1.1.2. Testing the System Real-time Performance under Load

RHEL-RT provides the rteval utility to test the system real-time performance under load. rteval starts a heavy system load of SCHED_OTHER tasks and then measures real-time response on each online CPU. The loads are a parallel make of the Linux kernel tree in a loop and the hackbench synthetic benchmark.
The goal is to bring the system into a state, where each core always has a job to schedule. The jobs perform various tasks, such as memory allocation/free, disk I/O, computational tasks, memory copies, and other.
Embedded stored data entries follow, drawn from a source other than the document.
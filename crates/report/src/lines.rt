//! The lines of a verdict, each as its segments.

ghost use Rattle.std.specs.Prelude.{◌≡◌, ◌++◌, codes, decimal};
ghost use Rattle.std.specs.Fmt.{signed_decimal};
ghost use Rattle.report.specs.Lines as text;
ghost use Rattle.report.specs.Segments.{segments_text};

use crate::segments::Segment;
use crate::verdict::{KindCount, Summary};
use checker::{OrderFault, Refusal};
use reading::Fault;
use seq_objects::{AnyReply, kind_name};

/// The segments of a line. After the one that has the line feed are empty ones.
pub(crate) type Line = [Segment; 9];

const EMPTY: Segment = Segment::Text(b"");

pub(crate) fn no_memory_line() -> Line
    ensures { segments_text result ≡ text.no_memory_line }
{
    let words = Segment::Text(b"out of memory\n");
    [
        words, EMPTY, EMPTY, EMPTY, EMPTY, EMPTY, EMPTY, EMPTY, EMPTY,
    ]
}

pub(crate) fn kind_line(count: &KindCount) -> Line
    ensures { segments_text result ≡ text.kind_line count.now }
{
    [
        Segment::Text(kind_name(count.kind).as_bytes()),
        Segment::Text(b": "),
        Segment::Natural(count.objects),
        Segment::Text(b" objects, "),
        Segment::Natural(count.operations),
        Segment::Text(b" operations\n"),
        EMPTY,
        EMPTY,
        EMPTY,
    ]
}

pub(crate) fn total_line(summary: &Summary) -> Line
    ensures { segments_text result ≡ text.total_line summary.now }
{
    [
        Segment::Text(b"yes: "),
        Segment::Natural(summary.operations),
        Segment::Text(b" operations, "),
        Segment::Natural(summary.objects),
        Segment::Text(b" objects\n"),
        EMPTY,
        EMPTY,
        EMPTY,
        EMPTY,
    ]
}

/// A line of an object's number, an integer and a text.
fn entry_line(code: &'static [u8], object: u32, op: i64, fault: &'static [u8]) -> Line
    ensures { segments_text result ≡ code.now ++
        (decimal object ++ (codes ": " ++ (signed_decimal op ++ fault.now))) }
{
    [
        Segment::Text(code),
        Segment::Natural(object as usize),
        Segment::Text(b": "),
        Segment::Integer(op),
        Segment::Text(fault),
        EMPTY,
        EMPTY,
        EMPTY,
        EMPTY,
    ]
}

fn wrong_reply_line(object: u32, op: i64, gives: &AnyReply) -> Line
    ensures { segments_text result ≡ text.order_line object (OrderFault.WrongReply op gives.now) }
{
    let code = b"no: C6 object ";
    let (number, colon, entry) = (
        Segment::Natural(object as usize),
        Segment::Text(b": "),
        Segment::Integer(op),
    );
    match *gives {
        AnyReply::Value(None) => entry_line(code, object, op, b" gives nil\n"),
        AnyReply::NotSwapped | AnyReply::Flag(false) => {
            entry_line(code, object, op, b" gives false\n")
        }
        AnyReply::Flag(true) => entry_line(code, object, op, b" gives true\n"),
        AnyReply::Value(Some(n)) => [
            Segment::Text(code),
            number,
            colon,
            entry,
            Segment::Text(b" gives "),
            Segment::Integer(n),
            Segment::Text(b"\n"),
            EMPTY,
            EMPTY,
        ],
        AnyReply::Swapped(a, b) => [
            Segment::Text(code),
            number,
            colon,
            entry,
            Segment::Text(b" gives ["),
            Segment::Integer(a),
            Segment::Text(b" "),
            Segment::Integer(b),
            Segment::Text(b"]\n"),
        ],
    }
}

fn too_late_line(object: u32, op: i64, by: u32) -> Line
    ensures { segments_text result ≡ text.order_line object (OrderFault.TooLate op by) }
{
    [
        Segment::Text(b"no: C5 object "),
        Segment::Natural(object as usize),
        Segment::Text(b": "),
        Segment::Integer(op),
        Segment::Text(b" returned before "),
        Segment::Natural(by as usize),
        Segment::Text(b" was invoked\n"),
        EMPTY,
        EMPTY,
    ]
}

/// A line of two numbers, each after a text, and of a text after both.
fn numbers_line(
    before: &'static [u8],
    first: usize,
    between: &'static [u8],
    second: usize,
    after: &'static [u8],
) -> Line
    ensures { segments_text result ≡ before.now
        ++ (decimal first ++ (between.now ++ (decimal second ++ after.now))) }
{
    [
        Segment::Text(before),
        Segment::Natural(first),
        Segment::Text(between),
        Segment::Natural(second),
        Segment::Text(after),
        EMPTY,
        EMPTY,
        EMPTY,
        EMPTY,
    ]
}

fn order_line(object: u32, fault: &OrderFault) -> Line
    ensures { segments_text result ≡ text.order_line object fault.now }
{
    match *fault {
        OrderFault::UnknownOperation { op } => {
            entry_line(b"no: C3 object ", object, op, b" is no operation\n")
        }
        OrderFault::Repeated { op } => {
            entry_line(b"no: C4 object ", object, op, b" stands twice\n")
        }
        OrderFault::TooLate { op, by } => too_late_line(object, op, by),
        OrderFault::NotPossible { op } => {
            entry_line(b"no: C9 object ", object, op, b" is not possible\n")
        }
        OrderFault::WrongReply { op, gives } => wrong_reply_line(object, op, &gives),
        OrderFault::Omitted { op } => numbers_line(
            b"no: C7 object ",
            object as usize,
            b": ",
            op as usize,
            b" is left out\n",
        ),
    }
}

/// A line of a number between two texts.
fn number_line(before: &'static [u8], n: usize, after: &'static [u8]) -> Line
    ensures { segments_text result ≡ before.now ++ (decimal n ++ after.now) }
{
    [
        Segment::Text(before),
        Segment::Natural(n),
        Segment::Text(after),
        EMPTY,
        EMPTY,
        EMPTY,
        EMPTY,
        EMPTY,
        EMPTY,
    ]
}

pub(crate) fn refusal_line(refusal: &Refusal) -> Line
    ensures { segments_text result ≡ text.refusal_line refusal.now }
{
    match *refusal {
        Refusal::NoCertificate { object } => number_line(
            b"no: C1 object ",
            object as usize,
            b" has no certificate\n",
        ),
        Refusal::StrangeObject { object } => number_line(
            b"no: C2 object ",
            object as usize,
            b" is not in the history\n",
        ),
        Refusal::BadOrder { object, fault } => order_line(object, &fault),
        Refusal::NoMemory => no_memory_line(),
    }
}

pub(crate) fn fault_line(fault: &Fault) -> Line
    ensures { segments_text result ≡ text.fault_line fault.now }
{
    match *fault {
        Fault::HistoryText(e) => numbers_line(
            b"malformed history: E",
            usize::from(e.kind.number()),
            b" at byte ",
            e.place,
            b"\n",
        ),
        Fault::HistoryMaps(h) => numbers_line(
            b"malformed history: H",
            usize::from(h.kind.number()),
            b" at map ",
            h.map,
            b"\n",
        ),
        Fault::CertificateText(e) => numbers_line(
            b"malformed certificates: E",
            usize::from(e.kind.number()),
            b" at byte ",
            e.place,
            b"\n",
        ),
        Fault::CertificateForms(k) => numbers_line(
            b"malformed certificates: K",
            usize::from(k.kind.number()),
            b" at form ",
            k.form,
            b"\n",
        ),
    }
}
Once the loads have started up, rteval then starts the cyclictest measurement program. This program starts the SCHED_FIFO real-time thread on each online core and then measures real-time scheduling response time. Each measurement thread takes a timestamp, sleeps for an interval, then takes another timestamp after waking up. The latency measured is t1 - (t0 + i), which is the difference between the actual wakeup time t1, and the theoretical wakeup time of the first timestamp t0 plus the sleep interval i.
The details for the rteval run are written to the XML file along with the boot log for the system. Then the rteval-<date>-N.tar.bz2 file is generated. N is a counter for the Nth run on <date>. A report, generated from the XML file, similar to the below, will be printed to the screen:
System:  
Statistics: 
	Samples:           1440463955
	Mean:              4.40624790712us
	Median:            0.0us
	Mode:              4us
	Range:             54us
	Min:               2us
	Max:               56us
	Mean Absolute Dev: 1.0776661507us
	Std.dev:           1.81821060672us

CPU core 0       Priority: 95
Statistics: 
	Samples:           36011847
	Mean:              5.46434910711us
	Median:            4us
	Mode:              4us
	Range:             38us
	Min:               2us
	Max:               40us
	Mean Absolute Dev: 2.13785341159us
	Std.dev:           3.50155558554us
The report above brings details on the hardware, length of the run, options used, and the timing results, both per-cpu and system-wide. You can regenerate the report by running the # rteval --summarize rteval-<date>-n.tar.bz2 command.